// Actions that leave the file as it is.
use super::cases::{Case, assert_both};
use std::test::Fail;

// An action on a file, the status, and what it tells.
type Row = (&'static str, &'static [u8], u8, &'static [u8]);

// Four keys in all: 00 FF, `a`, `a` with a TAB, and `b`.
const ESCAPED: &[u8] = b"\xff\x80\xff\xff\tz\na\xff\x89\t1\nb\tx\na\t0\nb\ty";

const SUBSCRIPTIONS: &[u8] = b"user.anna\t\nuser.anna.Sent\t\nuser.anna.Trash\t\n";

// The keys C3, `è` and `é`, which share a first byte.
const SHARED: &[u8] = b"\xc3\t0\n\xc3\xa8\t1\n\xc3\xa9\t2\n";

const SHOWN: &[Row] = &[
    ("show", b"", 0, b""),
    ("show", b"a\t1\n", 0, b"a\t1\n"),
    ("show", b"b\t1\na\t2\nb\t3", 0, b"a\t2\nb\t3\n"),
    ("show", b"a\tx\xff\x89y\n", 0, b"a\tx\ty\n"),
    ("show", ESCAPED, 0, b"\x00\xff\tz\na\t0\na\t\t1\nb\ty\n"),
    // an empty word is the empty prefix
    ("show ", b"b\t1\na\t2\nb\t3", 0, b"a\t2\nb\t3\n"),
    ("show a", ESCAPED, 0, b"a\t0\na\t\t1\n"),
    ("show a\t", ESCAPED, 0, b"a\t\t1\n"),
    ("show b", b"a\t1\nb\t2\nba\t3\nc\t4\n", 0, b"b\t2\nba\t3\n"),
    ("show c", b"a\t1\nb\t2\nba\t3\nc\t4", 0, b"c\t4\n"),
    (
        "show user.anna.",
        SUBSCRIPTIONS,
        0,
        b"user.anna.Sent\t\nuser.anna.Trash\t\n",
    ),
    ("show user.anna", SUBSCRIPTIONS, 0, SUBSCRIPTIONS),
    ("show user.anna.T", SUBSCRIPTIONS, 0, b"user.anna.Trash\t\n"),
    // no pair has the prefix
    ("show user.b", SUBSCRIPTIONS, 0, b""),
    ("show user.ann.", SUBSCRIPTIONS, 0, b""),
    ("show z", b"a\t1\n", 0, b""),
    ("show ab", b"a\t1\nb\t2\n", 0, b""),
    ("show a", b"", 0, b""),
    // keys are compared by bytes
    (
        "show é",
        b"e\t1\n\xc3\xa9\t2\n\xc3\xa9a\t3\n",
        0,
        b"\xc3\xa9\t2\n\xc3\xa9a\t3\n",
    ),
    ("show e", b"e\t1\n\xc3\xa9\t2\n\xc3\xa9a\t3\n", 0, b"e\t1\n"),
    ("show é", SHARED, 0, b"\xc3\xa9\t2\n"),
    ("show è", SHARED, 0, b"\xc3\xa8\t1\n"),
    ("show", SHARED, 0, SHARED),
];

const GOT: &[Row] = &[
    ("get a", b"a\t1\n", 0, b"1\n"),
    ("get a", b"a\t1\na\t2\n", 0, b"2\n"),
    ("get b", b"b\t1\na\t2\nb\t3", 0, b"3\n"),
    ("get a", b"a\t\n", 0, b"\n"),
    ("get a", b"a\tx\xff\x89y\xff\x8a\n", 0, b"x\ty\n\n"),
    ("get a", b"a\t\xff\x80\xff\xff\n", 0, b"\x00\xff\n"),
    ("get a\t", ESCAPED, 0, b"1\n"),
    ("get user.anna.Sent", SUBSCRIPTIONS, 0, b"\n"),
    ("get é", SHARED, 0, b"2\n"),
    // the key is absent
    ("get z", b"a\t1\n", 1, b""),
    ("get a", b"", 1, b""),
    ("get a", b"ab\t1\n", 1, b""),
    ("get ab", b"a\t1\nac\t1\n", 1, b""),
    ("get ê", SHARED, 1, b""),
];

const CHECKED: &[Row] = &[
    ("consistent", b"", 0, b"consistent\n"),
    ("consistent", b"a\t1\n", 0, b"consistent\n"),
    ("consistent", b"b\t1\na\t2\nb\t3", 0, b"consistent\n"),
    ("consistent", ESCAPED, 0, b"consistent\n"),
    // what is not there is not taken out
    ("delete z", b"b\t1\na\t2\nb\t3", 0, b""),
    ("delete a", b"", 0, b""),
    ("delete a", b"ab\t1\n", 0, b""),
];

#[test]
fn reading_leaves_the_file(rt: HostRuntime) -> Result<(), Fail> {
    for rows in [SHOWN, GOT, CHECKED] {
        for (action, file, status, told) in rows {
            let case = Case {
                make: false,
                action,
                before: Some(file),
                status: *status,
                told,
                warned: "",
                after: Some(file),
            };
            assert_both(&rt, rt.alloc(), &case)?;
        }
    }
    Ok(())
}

- **GOAL OF THE EXERCISE**: A verbatim output of all the data above is needed.

- **THE COMPLETED TASK**:
// Actions that leave the file as it is.
use super::cases::{Case, assert_both};
use std::test::Fail;

// An action on a file, the status, and what it tells.
type Row = (&'static str, &'static [u8], u8, &'static [u8]);

// Four keys in all: 00 FF, `a`, `a` with a TAB, and `b`.
const ESCAPED: &[u8] = b"\xff\x80\xff\xff\tz\na\xff\x89\t1\nb\tx\na\t0\nb\ty";

const SUBSCRIPTIONS: &[u8] = b"user.anna\t\nuser.anna.Sent\t\nuser.anna.Trash\t\n";

// The keys C3, `è` and `é`, which share a first byte.
const SHARED: &[u8] = b"\xc3\t0\n\xc3\xa8\t1\n\xc3\xa9\t2\n";

const SHOWN: &[Row] = &[
    ("show", b"", 0, b""),
    ("show", b"a\t1\n", 0, b"a\t1\n"),
    ("show", b"b\t1\na\t2\nb\t3", 0, b"a\t2\nb\t3\n"),
    ("show", b"a\tx\xff\x89y\n", 0, b"a\tx\ty\n"),
    ("show", ESCAPED, 0, b"\x00\xff\tz\na\t0\na\t\t1\nb\ty\n"),
    // an empty word is the empty prefix
    ("show ", b"b\t1\na\t2\nb\t3", 0, b"a\t2\nb\t3\n"),
    ("show a", ESCAPED, 0, b"a\t0\na\t\t1\n"),
    ("show a\t", ESCAPED, 0, b"a\t\t1\n"),
    ("show b", b"a\t1\nb\t2\nba\t3\nc\t4\n", 0, b"b\t2\nba\t3\n"),
    ("show c", b"a\t1\nb\t2\nba\t3\nc\t4", 0, b"c\t4\n"),
    (
        "show user.anna.",
        SUBSCRIPTIONS,
        0,
        b"user.anna.Sent\t\nuser.anna.Trash\t\n",
    ),
    ("show user.anna", SUBSCRIPTIONS, 0, SUBSCRIPTIONS),
    ("show user.anna.T", SUBSCRIPTIONS, 0, b"user.anna.Trash\t\n"),
    // no pair has the prefix
    ("show user.b", SUBSCRIPTIONS, 0, b""),
    ("show user.ann.", SUBSCRIPTIONS, 0, b""),
    ("show z", b"a\t1\n", 0, b""),
    ("show ab", b"a\t1\nb\t2\n", 0, b""),
    ("show a", b"", 0, b""),
    // keys are compared by bytes
    (
        "show é",
        b"e\t1\n\xc3\xa9\t2\n\xc3\xa9a\t3\n",
        0,
        b"\xc3\xa9\t2\n\xc3\xa9a\t3\n",
    ),
    ("show e", b"e\t1\n\xc3\xa9\t2\n\xc3\xa9a\t3\n", 0, b"e\t1\n"),
    ("show é", SHARED, 0, b"\xc3\xa9\t2\n"),
    ("show è", SHARED, 0, b"\xc3\xa8\t1\n"),
    ("show", SHARED, 0, SHARED),
];

const GOT: &[Row] = &[
    ("get a", b"a\t1\n", 0, b"1\n"),
    ("get a", b"a\t1\na\t2\n", 0, b"2\n"),
    ("get b", b"b\t1\na\t2\nb\t3", 0, b"3\n"),
    ("get a", b"a\t\n", 0, b"\n"),
    ("get a", b"a\tx\xff\x89y\xff\x8a\n", 0, b"x\ty\n\n"),
    ("get a", b"a\t\xff\x80\xff\xff\n", 0, b"\x00\xff\n"),
    ("get a\t", ESCAPED, 0, b"1\n"),
    ("get user.anna.Sent", SUBSCRIPTIONS, 0, b"\n"),
    ("get é", SHARED, 0, b"2\n"),
    // the key is absent
    ("get z", b"a\t1\n", 1, b""),
    ("get a", b"", 1, b""),
    ("get a", b"ab\t1\n", 1, b""),
    ("get ab", b"a\t1\nac\t1\n", 1, b""),
    ("get ê", SHARED, 1, b""),
];

const CHECKED: &[Row] = &[
    ("consistent", b"", 0, b"consistent\n"),
    ("consistent", b"a\t1\n", 0, b"consistent\n"),
    ("consistent", b"b\t1\na\t2\nb\t3", 0, b"consistent\n"),
    ("consistent", ESCAPED, 0, b"consistent\n"),
    // what is not there is not taken out
    ("delete z", b"b\t1\na\t2\nb\t3", 0, b""),
    ("delete a", b"", 0, b""),
    ("delete a", b"ab\t1\n", 0, b""),
];

#[test]
fn reading_leaves_the_file(rt: HostRuntime) -> Result<(), Fail> {
    for rows in [SHOWN, GOT, CHECKED] {
        for (action, file, status, told) in rows {
            let case = Case {
                make: false,
                action,
                before: Some(file),
                status: *status,
                told,
                warned: "",
                after: Some(file),
            };
            assert_both(&rt, rt.alloc(), &case)?;
        }
    }
    Ok(())
}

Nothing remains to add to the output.